Check each line of the data for "filename" and select those that have it.

(Supplied entries Opens)

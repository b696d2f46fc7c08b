//! Checks of regions, seats and mutators.

ghost use Rattle.std.specs.Prelude.{ℕ, ◌≡◌, ◌<◌, ◌^◌, None, IsTrue};
ghost use Rattle.heap_words.specs.Ranges.{seat_count};
ghost use Rattle.heap_words.specs.Words.{Cset, Free, Current, Root, Share, Pin};
ghost use Rattle.heap_world.specs.World.{ShareIsOpen};
ghost use Rattle.image_graph.specs.State.{config_of, memory_of};
ghost use Rattle.image_graph.specs.Laid.{IsReference, IsRegionRight, IsMutatorRight};

use crate::Image;
use crate::objects::{is_among, is_reference, is_shape};
use heap_words::{request_count, request_shape};
use regions::{base, is_in};

// Whether a region has at most as many words in use as it has, an object at its base where it has some, and none where it
// is free.
fn is_region_right(image: &Image, objects: &[u64], region: usize) -> bool
    requires { region < (config_of image.now).regions }
    ensures { IsTrue result → IsRegionRight (config_of image.now) (memory_of image.now) objects.now region }
{
    let config = image.config();
    let top = image.word(config.top_at(region));
    if top == 0 {
        return true;
    }
    top <= config.region_words() as u64
        && !is_in(image.word(config.free_at()), region)
        && is_among(objects, base(config, region))
}

/// Whether each region is right.
pub(crate) fn are_regions_right(image: &Image, objects: &[u64]) -> bool
    ensures { IsTrue result → (region : ℕ) → region < (config_of image.now).regions → IsRegionRight (config_of image.now) (memory_of image.now) objects.now region }
{
    for region in 0..image.config().regions() {
        if !is_region_right(image, objects, region) {
            return false;
        }
    }
    true
}

/// Whether the free word has no bit above the regions.
pub(crate) fn is_free_word_right(image: &Image) -> bool
    ensures { IsTrue result → memory_of image.now Free < 2 ^ (config_of image.now).regions }
{
    let config = image.config();
    let free = image.word(config.free_at());
    config.regions() >= 64 || free < 1 << config.regions()
}

/// Whether no seat has a buffer.
pub(crate) fn has_no_buffers(image: &Image) -> bool
    ensures { IsTrue result → (seat : ℕ) → seat < seat_count (config_of image.now).mutators (config_of image.now).helpers → memory_of image.now (Current seat) ≡ 0 }
{
    let config = image.config();
    for seat in 0..config.seats() {
        if image.word(config.cur_at(seat)) != 0 {
            return false;
        }
    }
    true
}

/// Whether no region is shared, or one that is in use, and not in the collection set.
pub(crate) fn is_share_right(image: &Image) -> bool
    ensures { IsTrue result → ShareIsOpen (config_of image.now) (memory_of image.now Share) (memory_of image.now Free) (memory_of image.now Cset) (λ region. None) }
{
    let config = image.config();
    let share = image.word(config.share_at());
    if share == 0 {
        return true;
    }
    if share > config.regions() as u64 {
        return false;
    }
    let region = share as usize - 1;
    !is_in(image.word(config.free_at()), region) && !is_in(image.word(config.cset_at()), region)
}

// Whether the roots of a mutator are null or name objects.
fn are_roots_right(image: &Image, objects: &[u64], mutator: usize) -> bool
    requires { mutator < (config_of image.now).mutators }
    ensures { IsTrue result → (index : ℕ) → index < 16 → IsReference objects.now (memory_of image.now (Root mutator index)) }
{
    let config = image.config();
    for index in 0..16 {
        if !is_reference(objects, image.word(config.root_at(mutator, index))) {
            return false;
        }
    }
    true
}

// Whether the pin slots of a mutator are empty.
fn are_slots_empty(image: &Image, mutator: usize) -> bool
    requires { mutator < (config_of image.now).mutators }
    ensures { IsTrue result → (index : ℕ) → index < 4 → memory_of image.now (Pin mutator index) ≡ 0 }
{
    let config = image.config();
    for slot in 0..4 {
        if image.word(config.pin_at(mutator, slot)) != 0 {
            return false;
        }
    }
    true
}

// Whether a mutator's roots are right, its pin slots are empty, nothing was made for it, and it asks for an object that can be, if it
// asks.
fn is_mutator_right(image: &Image, objects: &[u64], mutator: usize) -> bool
    requires { mutator < (config_of image.now).mutators }
    ensures { IsTrue result → IsMutatorRight (memory_of image.now) objects.now mutator }
{
    let config = image.config();
    let answer = image.word(config.answer_at(mutator));
    let request = image.word(config.wait_at(mutator));
    if answer > 1 || !are_roots_right(image, objects, mutator) || !are_slots_empty(image, mutator) {
        return false;
    }
    request == 0 || (answer == 0 && request_count(request) > 0 && is_shape(request_shape(request)))
}

/// Whether each mutator is right.
pub(crate) fn are_mutators_right(image: &Image, objects: &[u64]) -> bool
    ensures { IsTrue result → (mutator : ℕ) → mutator < (config_of image.now).mutators → IsMutatorRight (memory_of image.now) objects.now mutator }
{
    for mutator in 0..image.config().mutators() {
        if !is_mutator_right(image, objects, mutator) {
            return false;
        }
    }
    true
}
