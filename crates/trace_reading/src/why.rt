ghost use Rattle.std.specs.Prelude.{◌≡◌};
ghost use Rattle.trace_reading.specs.Why.{text_of};

/// Why a line of a trace or of a dump is refused, or one of what stands behind a trace.
#[derive(Clone, Copy, PartialEq, Eq)]
pub enum Why {
    /// The input ends within the line, or where a line of the head is to come: `end of line wanted`.
    EndOfLine,
    /// A line of the head has another first word or another number of words: `header wanted`.
    Header,
    /// A line that is none of the schedule stands behind one of the schedule: `schedule is last`.
    ScheduleLast,
    /// There is no command behind the thread, or it has another number of words: `command wanted`.
    Command,
    /// A line of the schedule has no item, or a word that has none of the three forms: `item wanted`.
    Item,
    /// A word is no number where one is to stand: `number wanted`.
    Number,
    /// A number is outside its range: `out of range`.
    Range,
    /// A line `answer` is to come behind the trace: `answer wanted`.
    AnswerWanted,
    /// A line `history` is to come behind the body: `history wanted`.
    HistoryWanted,
    /// A line of the history is none of an entry: `entry wanted`.
    EntryWanted,
    /// A line of a dump is outside its form, its ranges or the order of names, or the dump does not list what its roots lead to:
    /// `dump wanted`.
    DumpWanted,
}

impl Why {
    /// What is said of the line.
    pub fn text(self) -> &'static [u8]
        ensures { result.now ≡ text_of self }
    {
        match self {
            Why::EndOfLine => b"end of line wanted",
            Why::Header => b"header wanted",
            Why::ScheduleLast => b"schedule is last",
            Why::Command => b"command wanted",
            Why::Item => b"item wanted",
            Why::Number => b"number wanted",
            Why::Range => b"out of range",
            Why::AnswerWanted => b"answer wanted",
            Why::HistoryWanted => b"history wanted",
            Why::EntryWanted => b"entry wanted",
            Why::DumpWanted => b"dump wanted",
        }
    }
}
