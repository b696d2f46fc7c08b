//! The whole check.

ghost use Rattle.std.specs.Prelude.{IsTrue};
ghost use Rattle.image_graph.specs.State.{config_of, memory_of};
ghost use Rattle.image_graph.specs.Holds.{HoldsSome, HoldsSized};

use crate::Image;
use crate::objects::{are_in_order, lie_right, read_right};
use crate::rest::{
    are_mutators_right, are_regions_right, has_no_buffers, is_free_word_right, is_share_right,
};

/// Whether the words of an image are laid out as a graph: `objects` are the addresses of all its objects, in their order,
/// in which their names go up, too. Objects fill each region from its base to its top, have plain headers and fields that
/// are null or name objects; roots are null or name objects, and pin slots are empty; who waits asks for an object that
/// can be and has the next name of its thread; nothing was made for anybody, no seat has a buffer, and a region that is
/// shared is in use and not collected. The image then holds a graph, by objects that say how many words they have. It may
/// hold one where this is false.
pub fn stands(image: &Image, objects: &[u64]) -> bool
    ensures holds { IsTrue result → HoldsSome (config_of image.now) (memory_of image.now) }
    ensures sized { IsTrue result → HoldsSized (config_of image.now) (memory_of image.now) }
{
    if !are_regions_right(image, objects) {
        return false;
    }
    if !is_free_word_right(image) {
        return false;
    }
    if !has_no_buffers(image) {
        return false;
    }
    if !is_share_right(image) {
        return false;
    }
    if !lie_right(image, objects) {
        return false;
    }
    if !are_in_order(image, objects) {
        return false;
    }
    if !read_right(image, objects) {
        return false;
    }
    are_mutators_right(image, objects)
}
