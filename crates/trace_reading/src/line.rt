//! A command's line.
ghost use Rattle.std.specs.Prelude.{◌≡◌};
ghost use Rattle.std.specs.Option.{option_map};
ghost use Rattle.trace_reading.specs.Scanning.{spelled_command, line_at};

use crate::{kind_at, numbers_at, positive_at, text_at};
use shen_graph::Command;

/// The command of a version at the front, and what is behind its numbers.
#[tactic(auto, unfolding(crate::specs::Scanning::spelled_command))]
pub fn command_at(version: u32, bytes: &[u8]) -> Option<(Command, &[u8])>
    ensures { option_map (λ x. (x.0, x.1.now)) result ≡ spelled_command version bytes.now }
{
    let (kind, rest) = kind_at(version, bytes)?;
    let (numbers, rest) = numbers_at(kind.limits(), rest)?;
    Some((kind.command(numbers), rest))
}

/// The line of a command of a version at the front: the thread, the command, and the bytes behind the line.
#[tactic(auto, unfolding(crate::specs::Scanning::line_at))]
pub(crate) fn line_at(version: u32, threads: u32, bytes: &[u8]) -> Option<(u64, Command, &[u8])>
    ensures { option_map (λ x. (record { thread = x.0; command = x.1 }, x.2.now)) result ≡ line_at version threads bytes.now }
{
    let Some((thread, rest)) = positive_at(u64::from(threads), bytes) else {
        return None;
    };
    let Some(rest) = text_at(b" ", rest) else {
        return None;
    };
    let Some((command, rest)) = command_at(version, rest) else {
        return None;
    };
    let Some(rest) = text_at(b"\n", rest) else {
        return None;
    };
    Some((thread, command, rest))
}
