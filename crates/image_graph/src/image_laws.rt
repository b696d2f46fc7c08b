//! All words of a heap in a pause: the image that a pause works on while no machine of the heap makes a step. And what a pause makes of
//! these words, by their names, of the buffers of seats, and in a full collection of all: that they represent the same graph afterwards,
//! and who waits is answered.

ghost use Rattle.image_graph.specs.Left.{HoldingStands};

/// A law: the words of an image that holds a graph stand for it, by current copies, in whatever way it holds it.
pub fn holding_stands()
    ensures { HoldingStands }
{}
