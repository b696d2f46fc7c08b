//! Laws of the grammar.
ghost use Rattle.std.specs.Prelude.{ℕ, List};
ghost use Rattle.shen_graph.specs.declared.command.Command.{Command};
ghost use Rattle.heap_words.specs.declared.config.Config.{Config};
ghost use Rattle.heap_words.specs.declared.schedule.Item.{Item};
ghost use Rattle.trace_reading.specs.Grammar.{Reads, IsSameTrace};

/// A law: bytes are a trace in one way at most.
pub fn traces_are_read_once()
    ensures { (bytes : List ℕ) (version other_version : ℕ) (config other_config : Config) (scripts other_scripts : List (List Command)) (items other_items : List Item) → Reads bytes version config scripts items → Reads bytes other_version other_config other_scripts other_items → IsSameTrace version config scripts items other_version other_config other_scripts other_items }
{}
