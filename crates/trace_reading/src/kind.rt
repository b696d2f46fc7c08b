//! The kinds of commands.
ghost use Rattle.std.specs.Prelude.{◌≡◌};
ghost use Rattle.trace_reading.specs.Kinds.{kinds, word, limits, command_from, Suit, IsOnObject};

use shen_graph::Command;

/// The kinds of commands.
#[derive(Clone, Copy)]
pub enum CommandKind {
    New,
    Get,
    Set,
    Cas,
    Xchg,
    Rd,
    Wr,
    Copy,
    Drop,
    Same,
    Gc,
    Pin,
    Unpin,
}

// Each kind once: those of version 1, and behind them those that joined in version 2.
const KINDS: [CommandKind; 13] = [
    CommandKind::New,
    CommandKind::Get,
    CommandKind::Set,
    CommandKind::Cas,
    CommandKind::Xchg,
    CommandKind::Rd,
    CommandKind::Wr,
    CommandKind::Copy,
    CommandKind::Drop,
    CommandKind::Same,
    CommandKind::Gc,
    CommandKind::Pin,
    CommandKind::Unpin,
];

/// The kinds of commands of a version.
pub fn kinds_of(version: u32) -> &'static [CommandKind]
    ensures { result.now ≡ kinds version }
{
    if version < 2 { &KINDS[..11] } else { &KINDS }
}

impl CommandKind {
    /// The word that a line of this kind has behind the thread.
    pub fn word(self) -> &'static [u8]
        ensures { result.now ≡ word self }
    {
        match self {
            CommandKind::New => b"new",
            CommandKind::Get => b"get",
            CommandKind::Set => b"set",
            CommandKind::Cas => b"cas",
            CommandKind::Xchg => b"xchg",
            CommandKind::Rd => b"rd",
            CommandKind::Wr => b"wr",
            CommandKind::Copy => b"copy",
            CommandKind::Drop => b"drop",
            CommandKind::Same => b"same",
            CommandKind::Gc => b"gc",
            CommandKind::Pin => b"pin",
            CommandKind::Unpin => b"unpin",
        }
    }

    /// The largest numbers that may follow the word.
    pub fn limits(self) -> &'static [u64]
        ensures { result.now ≡ limits self }
    {
        match self {
            CommandKind::New => &[15, 16, 16],
            CommandKind::Get => &[15, 15, 31],
            CommandKind::Set => &[15, 31, 15],
            CommandKind::Cas => &[15, 31, 15, 15],
            CommandKind::Xchg => &[15, 15, 31, 15],
            CommandKind::Rd => &[15, 31],
            CommandKind::Wr => &[15, 31, u64::MAX],
            CommandKind::Copy => &[15, 15],
            CommandKind::Drop => &[15],
            CommandKind::Same => &[15, 15],
            CommandKind::Gc => &[],
            CommandKind::Pin => &[3, 15],
            CommandKind::Unpin => &[3],
        }
    }

    /// The command of this kind with these numbers, of which it takes the first.
    pub fn command(self, numbers: [u64; 4]) -> Command
        requires { Suit self numbers }
        ensures { result ≡ command_from self numbers }
    {
        let [first, second, third, _] = numbers;
        match self {
            CommandKind::New => Command::New {
                dst: first as u32,
                refs: second as u32,
                nums: third as u32,
            },
            CommandKind::Copy => Command::Copy {
                dst: first as u32,
                src: second as u32,
            },
            CommandKind::Drop => Command::Drop { dst: first as u32 },
            CommandKind::Same => Command::Same {
                a: first as u32,
                b: second as u32,
            },
            CommandKind::Gc => Command::Gc,
            CommandKind::Pin => Command::Pin {
                slot: first as u32,
                obj: second as u32,
            },
            CommandKind::Unpin => Command::Unpin { slot: first as u32 },
            CommandKind::Get
            | CommandKind::Set
            | CommandKind::Cas
            | CommandKind::Xchg
            | CommandKind::Rd
            | CommandKind::Wr => self.command_on_object(numbers),
        }
    }

    // The same, of a kind that is on a field or a number of an object.
    fn command_on_object(self, numbers: [u64; 4]) -> Command
        requires object { IsOnObject self }
        requires numbers { Suit self numbers }
        ensures { result ≡ command_from self numbers }
    {
        let [first, second, third, fourth] = numbers;
        match self {
            CommandKind::Get => Command::Get {
                dst: first as u32,
                src: second as u32,
                field: third as u32,
            },
            CommandKind::Set => Command::Set {
                obj: first as u32,
                field: second as u32,
                val: third as u32,
            },
            CommandKind::Cas => Command::Cas {
                obj: first as u32,
                field: second as u32,
                expect: third as u32,
                val: fourth as u32,
            },
            CommandKind::Xchg => Command::Xchg {
                dst: first as u32,
                obj: second as u32,
                field: third as u32,
                val: fourth as u32,
            },
            CommandKind::Rd => Command::Rd {
                obj: first as u32,
                index: second as u32,
            },
            CommandKind::Wr => Command::Wr {
                obj: first as u32,
                index: second as u32,
                value: third,
            },
            CommandKind::New
            | CommandKind::Copy
            | CommandKind::Drop
            | CommandKind::Same
            | CommandKind::Gc
            | CommandKind::Pin
            | CommandKind::Unpin => unreachable!(),
        }
    }
}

(Supplied entries Closes)

#### Answer area
filename crates/trace_reading/src/why.rt
filename crates/trace_reading/src/line.rt
filename crates/image_graph/src/image_laws.rt
filename crates/trace_reading/src/kind.rt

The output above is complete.